I know it's hard but you do just have to let them be.
Even our Christmas Day dd will decide to put in an hour and boxing day 2 hours. If she can't do her thing she is terrible to live with.
We were very lucky and secondary age she was accepted for a very super selective school, where she is so happy and thriving.
You have to be prepared to go with it, oh, and ignore those that scoff, but listen to those who may have a point.

SluttyButty · 05/06/2018 13:35

Mine is now 18 and was identified as G&T at 5. In real life I felt very awkward about it when talking to other mums at the school gate (I'm quite antisocial anyway due to finding socialising hard).

She has never been a child that went out to play at the park or had people round to play and generally ingnored anyone that knocked on the door for her. She's always preferred staying home with her head in a book with very few actual friends. And that's fine, she's a homebody and that's working out well with A level revision.
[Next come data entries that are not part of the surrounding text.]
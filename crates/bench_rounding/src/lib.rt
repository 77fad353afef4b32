// The roundings, exported under C names: bench/rounding measures the products among them, and tests/divisions.py counts
// how often the compiled code of each divides. A caller shows what the `requires` asks.
#![tactic(auto)]

ghost use Rattle.std.specs.Prelude.{◌≡◌, ◌*◌, ◌^◌, ◌<◌, pos, ◌*ℤ◌};
ghost use Rattle.rounding.specs.Nearest.{nearest, nearest_ℤ};
ghost use Rattle.rounding.specs.Signed.{integer_of, signed};

use rounding::Signed;

// n / d, rounded.
#[unsafe(no_mangle)]
pub extern "C" fn bench_rounding_div_nearest(n: u64, d: u64) -> u64
    requires { 0 < d }
    ensures { result ≡ nearest n d }
{
    rounding::div_nearest(n, d)
}

// a * b / d, rounded.
#[unsafe(no_mangle)]
pub extern "C" fn bench_rounding_mul_div_nearest(a: u64, b: u64, d: u64) -> u64
    requires { (0 < d) × (nearest (a * b) d < 2 ^ 64) }
    ensures { result ≡ nearest (a * b) d }
{
    rounding::mul_div_nearest(a, b, d)
}

// a * b * c / d, rounded.
#[unsafe(no_mangle)]
pub extern "C" fn bench_rounding_mul_mul_div_nearest(a: u64, b: u64, c: u64, d: u64) -> u64
    requires { (0 < d) × (nearest (a * b * c) d < 2 ^ 64) }
    ensures { result ≡ nearest (a * b * c) d }
{
    rounding::mul_mul_div_nearest(a, b, c, d)
}

// a * b / d, rounded, for an a of this sign and size: the size, and to a place that is lent the sign.
#[unsafe(no_mangle)]
pub extern "C" fn bench_rounding_signed_mul_div_nearest(
    negative: bool,
    size: u64,
    b: u64,
    d: u64,
    below: &mut bool,
) -> u64
    requires { (0 < d) × (nearest (size * b) d < 2 ^ 64) }
    ensures value { result ≡ (signed (nearest_ℤ (integer_of (record { negative = negative; size = size }) *ℤ pos b) d)).size }
    ensures below_after { below.new ≡ (signed (nearest_ℤ (integer_of (record { negative = negative; size = size }) *ℤ pos b) d)).negative }
{
    let r = rounding::signed_mul_div_nearest(Signed { negative, size }, b, d);
    *below = r.negative;
    r.size
}

// n / d, rounded, and that over e, rounded again: two roundings, so that a count is seen to find a second division.
#[unsafe(no_mangle)]
pub extern "C" fn bench_rounding_rounded_twice(n: u64, d: u64, e: u64) -> u64
    requires { (0 < d) × (0 < e) }
    ensures { result ≡ nearest (nearest n d) e }
{
    rounding::div_nearest(rounding::div_nearest(n, d), e)
}
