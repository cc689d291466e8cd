//! The streaming reader: feed and finish. PROTOCOL 3.1 to 3.3, 4.1 to 4.20.
ghost use Rattle.std.specs.Prelude.{◌≡◌, ◌<◌, Ok, length};
ghost use Rattle.frame.specs.Wire.{frame_limit};
ghost use Rattle.frame.specs.State.{scan_of, state_of, put_in, byte_in};
ghost use Rattle.frame.specs.Rules.{Ready, in_range_of, put_of};
ghost use Rattle.frame.specs.Table.{row_of, count_of};
ghost use Rattle.frame.specs.Calls.{fresh_of, run_of, feed_of, finish_of, fed_of, finished_of};

use crate::LIMIT;
use crate::place::{MAX_CONSUMED, WirePlace};
use crate::scan::{Phase, Scan, Verdict};
use base::StateError;

/// A reader, with the array that holds a body: PROTOCOL 3.1. Any value may be given; one out of range is refused.
#[derive(Clone, Copy, Debug, PartialEq, Eq)]
pub struct Reader {
    /// Where it is in the wire.
    pub scan: Scan,
    /// The bytes kept for a body.
    pub body: [u8; 1026],
}

/// A frame decided: its first byte on the wire, the place behind its last one, and what it ends in.
#[derive(Clone, Copy, Debug, PartialEq, Eq)]
pub struct Decision {
    pub start: WirePlace,
    pub end: WirePlace,
    pub verdict: Verdict,
}

/// How many bytes a feed consumed, and what the last of them decided: PROTOCOL 4.1 to 4.8. `None` is MORE.
#[derive(Clone, Copy, Debug, PartialEq, Eq)]
pub struct Fed {
    pub count: usize,
    pub decision: Option<Decision>,
}

/// Why a feed consumed nothing; the reader stays as it was.
#[derive(Clone, Copy, Debug, PartialEq, Eq)]
pub enum FeedError {
    /// A field of the reader is out of range: STATE, PROTOCOL 4.10.
    State,
    /// With these bytes the reader would consume more than 2^62 in all: USED, PROTOCOL 4.11.
    Used,
}

/// How the input ends: PROTOCOL 4.3, 4.9. `consumed` counts the bytes in all.
#[derive(Clone, Copy, Debug, PartialEq, Eq)]
pub enum Finish {
    /// No frame is open: CLEAN.
    Clean {
        consumed: WirePlace,
    },
    /// A frame is open, which begins at `start`: OPEN.
    Open {
        consumed: WirePlace,
        start: WirePlace,
    },
}

impl Reader {
    /// A fresh reader.
    #[tactic(auto, unfolding(crate::specs::Calls::zeros))]
    pub fn new() -> Self
        ensures { state_of result ≡ fresh_of frame_limit }
    {
        Reader {
            scan: Scan::closed(WirePlace(0)),
            body: [0; 1026],
        }
    }

    /// Whether each field is in its range: PROTOCOL 4.17. Calls of a reader that is not answer STATE.
    pub fn is_in_range(&self) -> bool
        ensures { result ≡ in_range_of frame_limit (scan_of self.now.scan) }
    {
        self.scan.consumed.0 <= MAX_CONSUMED && self.scan.filled.0 <= LIMIT + 1
    }

    // Stores a body byte at its place, if there is one: PROTOCOL 3.2.
    fn store(&mut self, at: usize, stored: Option<u8>)
        requires { at < 1026 }
        ensures { self.new ≡ record self.old { body = put_of (put_in stored) self.old.body at (byte_in stored) } }
    {
        if let Some(byte) = stored {
            self.body[at] = byte;
        }
    }

    /// The byte loop: it stops directly after the first byte that decides. PROTOCOL 3.2, 3.3.
    fn run(&mut self, bytes: &[u8]) -> Fed
        requires { Ready frame_limit (scan_of self.old.scan) (length bytes.now) }
        ensures { fed_of (Ok result, self.new) ≡ run_of frame_limit bytes.now 0 (state_of self.old) }
    {
        // `break` carries what was decided: the form of rule 3.3 (docs/DECISIONS.md, "Forms that the rules name"). A
        // `for` gives no value, and would store the scan at two exits.
        let mut scan = self.scan;
        let mut count = 0;
        let decision = loop {
            if count == bytes.len() {
                break None;
            }
            let before = scan;
            let step = before.advance(bytes[count]);
            scan = step.scan;
            count += 1;
            if let Some(verdict) = step.verdict {
                self.store(before.filled.0, step.stored);
                break Some(Decision {
                    start: before.start,
                    end: scan.consumed,
                    verdict,
                });
            }
            self.store(before.filled.0, step.stored);
        };
        self.scan = scan;
        Fed { count, decision }
    }

    /// Consumes the first of the bytes, up to the one that decides a frame: STATE, then USED, then the byte rules.
    /// PROTOCOL 4.15.
    pub fn feed(&mut self, bytes: &[u8]) -> Result<Fed, FeedError>
        ensures { fed_of (result, self.new) ≡ feed_of frame_limit (state_of self.old) bytes.now }
    {
        if !self.is_in_range() {
            return Err(FeedError::State);
        }
        if MAX_CONSUMED - self.scan.consumed.0 < bytes.len() as u64 {
            return Err(FeedError::Used);
        }
        Ok(self.run(bytes))
    }

    /// Says that the input ends; the reader stays as it is.
    pub fn finish(&self) -> Result<Finish, StateError>
        ensures { finished_of (result, self.now) ≡ finish_of frame_limit (state_of self.now) }
    {
        if !self.is_in_range() {
            return Err(StateError);
        }
        let Scan {
            phase,
            consumed,
            start,
            ..
        } = self.scan;
        Ok(match phase {
            Phase::Idle | Phase::Half => Finish::Clean { consumed },
            Phase::Header | Phase::Open | Phase::Escape => Finish::Open { consumed, start },
        })
    }
}

/// The bytes that a feed consumed; none where it is refused.
pub fn count(answer: Result<Fed, FeedError>) -> usize
    ensures { result ≡ count_of (row_of answer) }
{
    answer.map_or(0, |fed| fed.count)
}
As I said at the start, I always felt awkward discussing children's academic abilities because mine was streets ahead. In sixth form though this has levelled out with some of her peers (because they only started at her school for 6th form) equal to her.

gillybeanz · 05/06/2018 13:37

What is 2E, is it a measurement of some kind? If so what does it mean in idiots terms please. Grin

GahWhatever · 05/06/2018 13:44

I'm guessing that your DS is your first or only child?
RTFT then come back.

I was right...first.

Problems of G+T kids:
My first G+T child was G+T for science and Maths. Socially withdrawn with peers. By GCSE was underperforming massively as I (as a withdrawn scientist didn't see it coming) had not addressed their isolation as they didn't seem unhappy. Back on track by 20 and off to Uni a couple of years later than planned but loving life again.
My second G+T child was an all-rounder. Sailed through GCSE. We await the outcome of A levels currently ongoing. No academic concerns. I learnt some lessons from the first one and stepped back.
Third G+T plays 6 sports very well, has at various times played 4 of those at county level. Currently in national coaching in one focus while pottering along academically near the middle/bottom of the top set. Socially gets on well with other sporty kids so doing OK.

My happiest child? The one with a huge social circle, middling academic ability, very strong sense of right and wrong who will include everyone; has geeky friends who no-one else would choose as well as the more common -all-garden popular set. If there was a G+T for being a really good egg she would have it. She's also the one who has given me the least worry about her future, coincidentally.

Why are you so angry OP? You came on here saying that you had no-one to talk to about the challenges, loads of us said don't sweat it, work on the social stuff, it will all be OK. You seem to take this to mean that we disapprove of your child's G+T classification. It is a challenge, like any other. You will be OK.

HoppingPavlova · 05/06/2018 13:52

What is 2E, is it a measurement of some kind? If so what does it mean in idiots terms please.

Gifted with Special Needs. The SN is typically (but definitely not limited to) neurodiversity.